Instructions to follow:
Each line of the data that includes the string "Whether" is to be copied out.

──────── Supplied information ────────

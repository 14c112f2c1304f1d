// Block scalars.
ghost use Rattle.std.specs.Prelude.{◌≡◌, ◌≤◌, ◌-◌, ◌++◌, ◌∷◌, [], length, take, drop, cond, false, Some, Ok, IfOk};
ghost use Rattle.std.specs.Str.{encode_utf8_all};
ghost use Rattle.wf_tree.specs.Trees as trees;
ghost use Rattle.wf_tree.specs.Plain.{plain_tree};
ghost use Rattle.wf_yaml_line.specs.Fault.{noted};
ghost use Rattle.wf_yaml_line.specs.Marks as marks;
ghost use Rattle.wf_yaml_line.specs.Views.{ReadsAs};
ghost use Rattle.wf_yaml.specs.BlockScalars as scalars;
ghost use Rattle.wf_yaml.specs.Views.{see, see_all};

use crate::cuts::no_more;
use crate::rows::Row;
use std::alloc::{AllocError, Global};
use wf_tree::Tree;
use wf_yaml_line::{
    Fault, Kind, YamlFault, behind_first, both_noted, ends_line, is_blank, noting, refuse_if,
    text_of,
};

/// The block scalar with these marks, in a block of which the floor is the least indentation.
pub(crate) fn block_scalar(
    alloc: Global,
    floor: usize,
    number: u32,
    text: &[char],
    behind: &[Row],
) -> Result<Tree, YamlFault>
    ensures { ReadsAs plain_tree result
        (scalars.block_scalar floor number text.now (see_all behind.now)) }
{
    let tree = match scalar_indent(floor, behind) {
        Some(indent) => lines_tree(alloc, is_folded(text), is_stripped(text), indent, behind),
        None => noting(no_more(behind), text_tree(alloc, &[])),
    };
    noting(header_fault(number, text), tree)
}

/// Nothing but blanks and a comment may stand behind the marks.
pub(crate) fn header_fault(number: u32, text: &[char]) -> Option<Fault>
    ensures { noted result ≡ scalars.header_fault number text.now }
{
    refuse_if(!ends_line(behind_marks(text)), number, Kind::Unsupported)
}

fn is_folded(text: &[char]) -> bool
    ensures { result ≡ scalars.is_folded text.now }
{
    match text {
        [] => false,
        [c, ..] => *c == '>',
    }
}

fn is_stripped(text: &[char]) -> bool
    ensures { result ≡ scalars.is_stripped text.now }
{
    match behind_first(text) {
        [] => false,
        [c, ..] => *c == '-',
    }
}

fn behind_marks(text: &[char]) -> &[char]
    ensures { result.now ≡ scalars.behind_marks text.now }
{
    let marks = behind_first(text);
    match marks {
        ['-', rest @ ..] => rest,
        _ => marks,
    }
}

/// The indentation of a block scalar, if it has lines inside the block around.
fn scalar_indent(floor: usize, behind: &[Row]) -> Option<usize>
    ensures { result ≡ scalars.scalar_indent floor (see_all behind.now) }
{
    for row in behind {
        if !row.text.is_empty() {
            return if floor <= row.indent {
                Some(row.indent)
            } else {
                None
            };
        }
    }
    None
}

/// The scalar with this indentation, whose lines stand at the front of these.
fn lines_tree(
    alloc: Global,
    folded: bool,
    stripped: bool,
    indent: usize,
    behind: &[Row],
) -> Result<Tree, YamlFault>
    ensures { ReadsAs plain_tree result
        (scalars.block_lines folded stripped (Some indent) (see_all behind.now)) }
{
    let (inside, rest) = behind.split_at(inside_len(indent, behind));
    let fault = both_noted(blank_fault(folded, indent, inside), no_more(rest));
    let text = block_text(alloc, folded, stripped, indent, inside)?;
    noting(fault, text_tree(alloc, &text))
}

fn text_tree(alloc: Global, text: &[char]) -> Result<Tree, YamlFault>
    ensures { ReadsAs plain_tree result (Ok (trees.text (encode_utf8_all text.now))) }
{
    Ok(Tree::Text(text_of(alloc, text)?))
}

fn is_outside(indent: usize, row: &Row) -> bool
    ensures { result ≡ scalars.is_outside indent (see row.now) }
{
    !row.text.is_empty() && row.indent < indent
}

/// How many lines stand in the scalar with this indentation.
fn inside_len(indent: usize, rows: &[Row]) -> usize
    ensures within { result ≤ length rows.now }
    ensures inside { see_all (take result rows.now)
        ≡ scalars.scalar_rows indent (see_all rows.now) }
    ensures behind { see_all (drop result rows.now)
        ≡ scalars.behind_scalar indent (see_all rows.now) }
{
    for i in 0..rows.len() {
        if is_outside(indent, &rows[i]) {
            return i;
        }
    }
    rows.len()
}

/// Under `>` no line may start with a further blank.
fn blank_fault(folded: bool, indent: usize, rows: &[Row]) -> Option<Fault>
    ensures { noted result ≡ cond folded (scalars.no_further_blank indent false (see_all rows.now))
        (Ok tt) }
{
    if folded {
        no_further_blank(indent, rows)
    } else {
        None
    }
}

fn no_further_blank(indent: usize, rows: &[Row]) -> Option<Fault>
    ensures { noted result ≡ scalars.no_further_blank indent false (see_all rows.now) }
{
    let mut begun = false;
    for row in rows {
        if starts_blank(begun, indent, row) {
            return Some(Fault {
                line: row.number,
                kind: Kind::Unsupported,
            });
        }
        begun = begun || !row.text.is_empty();
    }
    None
}

/// Whether the line of the scalar in this row starts with a blank.
fn starts_blank(begun: bool, indent: usize, row: &Row) -> bool
    ensures { result ≡ marks.starts marks.is_blank
        (scalars.scalar_line indent begun (see row.now)) }
{
    match row.text.as_slice() {
        [] => begun && indent < row.indent,
        [c, ..] => indent < row.indent || is_blank(*c),
    }
}

/// Whether the line of the scalar in this row is empty.
fn is_empty_line(begun: bool, indent: usize, row: &Row) -> bool
    ensures { result ≡ marks.is_empty (scalars.scalar_line indent begun (see row.now)) }
{
    row.text.is_empty() && !(begun && indent < row.indent)
}

/// The text of the scalar that has these lines.
fn block_text(
    alloc: Global,
    folded: bool,
    stripped: bool,
    indent: usize,
    rows: &[Row],
) -> Result<Vec<char>, AllocError>
    ensures { IfOk result (λ t. t.items
        ≡ scalars.block_text folded stripped
        (scalars.scalar_lines indent false (see_all rows.now))) }
{
    let mut text = joined(alloc, folded, indent, rows)?;
    if !stripped && !text.is_empty() {
        text.push('\n')?;
    }
    Ok(text)
}

/// The lines of the scalar in one text, with no line end behind the last that isn't empty.
fn joined(alloc: Global, folded: bool, indent: usize, rows: &[Row]) -> Result<Vec<char>, AllocError>
    ensures { IfOk result (λ t. t.items
        ≡ scalars.joined folded (scalars.scalar_lines indent false (see_all rows.now))) }
{
    let mut text = Vec::new(alloc);
    let mut begun = false;
    // how many line ends are to stand before the next line that isn't empty
    let mut ends = 0;
    for row in rows {
        if is_empty_line(begun, indent, row) {
            ends += 1;
            continue;
        }
        push_gap(&mut text, folded && begun, ends)?;
        push_copies(&mut text, row.indent.saturating_sub(indent), ' ')?;
        text.extend_from_slice(&row.text)?;
        begun = true;
        ends = if folded { 0 } else { 1 };
    }
    Ok(text)
}

/// What stands between two lines: so many line ends, or a space where lines are to be joined and
/// there are none.
fn push_gap(text: &mut Vec<char>, is_joined: bool, ends: usize) -> Result<(), AllocError>
    ensures { IfOk result (λ _. text.new.items ≡ text.old.items ++ scalars.gap is_joined ends) }
{
    if is_joined && ends == 0 {
        return push_copies(text, 1, ' ');
    }
    push_copies(text, ends, '\n')
}

fn push_copies(text: &mut Vec<char>, count: usize, c: char) -> Result<(), AllocError>
    ensures { IfOk result (λ _. text.new.items ≡ text.old.items ++ scalars.copies count c) }
{
    let mut left = count;
    while left > 0 {
        text.push(c)?;
        left -= 1;
    }
    Ok(())
}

────────

Task response:
/// Whether the line of the scalar in this row starts with a blank.
/// Whether the line of the scalar in this row is empty.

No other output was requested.